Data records
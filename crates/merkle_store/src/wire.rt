//! Why a peer was not served or not heard.
ghost use Rattle.std.specs.Prelude.{◌≡◌};

use merkle_wire::{AnswerError, SessionError};
use std::alloc::{AllocError, AllocFailed};
use std::fmt;

/// Why a peer was not served or not heard.
#[derive(Debug, Drop)]
pub enum WireFault {
    /// Out of memory.
    Memory,
    /// A message is longer than it may be.
    TooLong(u64),
    /// The peer stopped in the middle of a message, or before its reply.
    Cut,
    /// The peer answers in more parts than a session may have, as one does that tells a row a reply.
    Endless,
    /// The input or the output failed.
    Device,
    /// The peer's message has no reply.
    Question(AnswerError),
    /// The peer's reply is invalid.
    Reply(SessionError),
}

impl From<AllocError> for WireFault {
    ghost use Rattle.merkle_store.specs.declared.wire.WireFault.TheVariants.{Memory};

    ghost from_gives = { λ _ fault. fault ≡ Memory };

    fn from(_error: AllocError) -> Self {
        WireFault::Memory
    }
}

impl<T: Drop> From<AllocFailed<T>> for WireFault {
    ghost use Rattle.merkle_store.specs.declared.wire.WireFault.TheVariants.{Memory};

    ghost from_gives = { λ _ fault. fault ≡ Memory };

    fn from(_error: AllocFailed<T>) -> Self {
        WireFault::Memory
    }
}

impl From<AnswerError> for WireFault {
    ghost use Rattle.merkle_store.specs.declared.wire.WireFault.TheVariants.{Question};

    ghost from_gives = { λ error fault. fault ≡ Question error };

    fn from(error: AnswerError) -> Self {
        WireFault::Question(error)
    }
}

impl From<SessionError> for WireFault {
    ghost use Rattle.merkle_store.specs.declared.wire.WireFault.TheVariants.{Reply};

    ghost from_gives = { λ error fault. fault ≡ Reply error };

    fn from(error: SessionError) -> Self {
        WireFault::Reply(error)
    }
}

impl fmt::Display for WireFault {
    fn fmt<W: fmt::Write>(&self, f: &mut fmt::Formatter<W>) -> fmt::Result {
        match self {
            WireFault::Memory => f.write_str("out of memory"),
            WireFault::TooLong(len) => write!(f, "a message of {len} bytes is too long"),
            WireFault::Cut => f.write_str("the connection ended in the middle of a session"),
            WireFault::Endless => f.write_str("the peer sent too many replies"),
            WireFault::Device => f.write_str("the connection to the peer failed"),
            WireFault::Question(error) => write!(f, "{error}"),
            WireFault::Reply(SessionError::Refused) => f.write_str(
                "the peer rejected the request: it may have another hash key",
            ),
            WireFault::Reply(error) => write!(f, "{error}"),
        }
    }
}
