//! Why a session over a side that is kept anywhere ended early.
ghost use Rattle.std.specs.Prelude.{◌≡◌};

use crate::fetch_fault::FetchFault;
use crate::wire::WireFault;
use merkle_wire::{KeptError, TakeError};
use std::alloc::AllocError;

/// Why a session over a side that is kept anywhere ended early: for a reason of its own, such as a [`WireFault`], or one of where the side is kept.
#[derive(Debug, Drop)]
pub enum SessionFault<F, E> {
    /// The session ended for this.
    Session(F),
    /// The side couldn't be read.
    Side(E),
}

impl<E> From<WireFault> for SessionFault<WireFault, E> {
    ghost use Rattle.merkle_store.specs.declared.session_fault.SessionFault.TheVariants.{Session};

    ghost from_gives = { λ fault made. made ≡ Session fault };

    fn from(fault: WireFault) -> Self {
        SessionFault::Session(fault)
    }
}

impl<E> From<FetchFault> for SessionFault<FetchFault, E> {
    ghost use Rattle.merkle_store.specs.declared.session_fault.SessionFault.TheVariants.{Session};

    ghost from_gives = { λ fault made. made ≡ Session fault };

    fn from(fault: FetchFault) -> Self {
        SessionFault::Session(fault)
    }
}

impl<E> From<AllocError> for SessionFault<WireFault, E> {
    ghost use Rattle.merkle_store.specs.declared.session_fault.SessionFault.TheVariants.{Session};
    ghost use Rattle.merkle_store.specs.declared.wire.WireFault.TheVariants.{Memory};

    ghost from_gives = { λ _ made. made ≡ Session Memory };

    fn from(_error: AllocError) -> Self {
        SessionFault::Session(WireFault::Memory)
    }
}

/// The fault of a session in which a reply isn't taken.
pub(crate) fn untaken<E>(error: TakeError<E>) -> SessionFault<WireFault, E> {
    match error {
        TakeError::Session(error) => SessionFault::Session(WireFault::Reply(error)),
        TakeError::Tree(error) => SessionFault::Side(error),
    }
}

/// The fault of a session in which a message has no reply.
pub(crate) fn unanswered<E>(error: KeptError<E>) -> SessionFault<WireFault, E> {
    match error {
        KeptError::Answer(error) => SessionFault::Session(WireFault::Question(error)),
        KeptError::Kept(error) => SessionFault::Side(error),
    }
}
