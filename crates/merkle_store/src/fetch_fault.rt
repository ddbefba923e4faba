//! Why nothing was fetched.
ghost use Rattle.std.specs.Prelude.{◌≡◌};

use crate::wire::WireFault;
use std::alloc::AllocError;
use std::fmt;

/// An entry of a peer that isn't taken.
#[derive(Debug, Drop)]
pub struct Untaken {
    /// Its key.
    pub key: String,
    /// Its time, in milliseconds since 1970.
    pub time: u64,
    /// Who wrote it.
    pub writer: String,
}

/// Why nothing was fetched.
#[derive(Debug, Drop)]
pub enum FetchFault {
    /// The peer was not heard.
    Wire(WireFault),
    /// The peer sent an entry whose time is too far ahead of the clock.
    Ahead(Untaken),
    /// The peer sent an entry whose key, writer or value has more than [`MOST_TEXT`](crate::fetching::MOST_TEXT).
    TooLong(Untaken),
    /// The peer sent more entries than are taken.
    TooMany,
}

impl From<AllocError> for FetchFault {
    ghost use Rattle.merkle_store.specs.declared.fetch_fault.FetchFault.TheVariants.{Wire};
    ghost use Rattle.merkle_store.specs.declared.wire.WireFault.TheVariants.{Memory};

    ghost from_gives = { λ _ made. made ≡ Wire Memory };

    fn from(_error: AllocError) -> Self {
        FetchFault::Wire(WireFault::Memory)
    }
}

impl fmt::Display for FetchFault {
    fn fmt<W: fmt::Write>(&self, f: &mut fmt::Formatter<W>) -> fmt::Result {
        match self {
            FetchFault::Wire(fault) => write!(f, "{fault}"),
            FetchFault::Ahead(_) => f.write_str(
                "the peer sent an entry more than a day ahead of the clock: nothing was joined",
            ),
            FetchFault::TooLong(_) => f.write_str(
                "the peer sent a text of more than 1 MiB: nothing was joined",
            ),
            FetchFault::TooMany => f.write_str(
                "the peer sent more entries than are taken: nothing was joined",
            ),
        }
    }
}
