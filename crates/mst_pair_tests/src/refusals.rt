//! A run that runs out of memory.

use crate::devices::serve;
use crate::runs::PULLS;

/// The replies to `PULLS` where one of its lines was refused memory: a put, the line `diff a`, the first pull before it
/// joined a row and after it did, and the second pull before and after it joined the row that lacked.
const REFUSED: [&[u8]; 8] = [
    b"no memory\nok\nok\nbananas pl\xc3\xa1tanos\nend\nbananas pl\xc3\xa1tanos\nend\njoined 2\nbananas 1\npl\xc3\xa1tanos 1\nend\nsame\nend\njoined 0\nsame\n",
    b"ok\nno memory\nok\nend\nend\njoined 0\ndonkey 1\nend\ndiffer\ndonkey donkey\nend\njoined 1\ndiffer\n",
    b"ok\nok\nno memory\nbananas bananas\nend\nbananas bananas\nend\njoined 1\nbananas 1\ndonkey 1\nend\ndiffer\nbananas donkey\nend\njoined 2\nsame\n",
    b"ok\nok\nok\nno memory\nbananas pl\xc3\xa1tanos\nend\njoined 2\nbananas 1\ndonkey 1\npl\xc3\xa1tanos 1\nend\ndiffer\nbananas pl\xc3\xa1tanos\nend\njoined 3\nsame\n",
    b"ok\nok\nok\nbananas pl\xc3\xa1tanos\nend\nno memory\ndonkey 1\nend\ndiffer\nend\njoined 0\ndiffer\n",
    b"ok\nok\nok\nbananas pl\xc3\xa1tanos\nend\nno memory\nbananas 1\ndonkey 1\nend\ndiffer\nend\njoined 0\ndiffer\n",
    b"ok\nok\nok\nbananas pl\xc3\xa1tanos\nend\nbananas pl\xc3\xa1tanos\nend\njoined 2\nbananas 1\ndonkey 1\npl\xc3\xa1tanos 1\nend\ndiffer\nno memory\ndiffer\n",
    b"ok\nok\nok\nbananas pl\xc3\xa1tanos\nend\nbananas pl\xc3\xa1tanos\nend\njoined 2\nbananas 1\ndonkey 1\npl\xc3\xa1tanos 1\nend\ndiffer\nno memory\nsame\n",
];

/// `rt try --test --fail-alloc N -- answers_where_memory_is_refused` refuses the Nth allocation. A line that needed it
/// answers `no memory`, and the replies are those that the rows then give.
#[test]
fn answers_where_memory_is_refused(rt: HostRuntime) {
    let (input, stored) = PULLS;
    let (result, taken) = serve(rt.alloc(), input, 100, false, 1024, false);
    assert!(rt; result == Ok(()));
    assert!(rt;
        taken.as_slice() == stored || REFUSED.iter().any(|refused| taken.as_slice() == *refused)
    );
}
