//! Sides that let go of what others wait for, while their peer is waited for.
ghost use Rattle.std.specs.Prelude.{◌≡◌};

use crate::counting::Counting;
use crate::rows::EntryReplica;
use merkle_digest::SipHasher;
use merkle_wire::{AskingReplica, KeptReplica};
use std::alloc::AllocError;
use store_file::Register;

/// A side that answers, and is told when nothing is asked of it: a file that others wait for can be closed then. One in memory does nothing.
pub trait PausingSide: KeptReplica<16, String, Register, SipHasher> {
    /// Nothing is asked of the side until a message of its peer has come.
    fn pause(&mut self) -> Result<(), Self::Error>
        ensures same { Self.is_sound self.new → self.new ≡ self.old }
        ensures steady { Self.is_sound self.new → Self.is_sound self.old };
}

/// A side that asks, and is told when nothing is asked of it, as a [`PausingSide`] is.
pub trait PausingAsker: AskingReplica<16, String, Register, SipHasher> {
    /// Nothing is asked of the side until a reply of its peer has come.
    fn pause(&mut self) -> Result<(), Self::Error>
        ensures same { Self.is_sound self.new → self.new ≡ self.old }
        ensures steady { Self.is_sound self.new → Self.is_sound self.old };
}

impl PausingSide for EntryReplica {
    fn pause(&mut self) -> Result<(), AllocError> {
        Ok(())
    }
}

impl PausingAsker for EntryReplica {
    fn pause(&mut self) -> Result<(), AllocError> {
        Ok(())
    }
}

impl<S: PausingSide> PausingSide for Counting<S> {
    fn pause(&mut self) -> Result<(), S::Error> {
        self.side.pause()
    }
}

◆ Exercise aim: Which lines above contain the word "stored"? Copy all of them.

◆ Result for this exercise:
    let (input, stored) = PULLS;
        taken.as_slice() == stored || REFUSED.iter().any(|refused| taken.as_slice() == *refused)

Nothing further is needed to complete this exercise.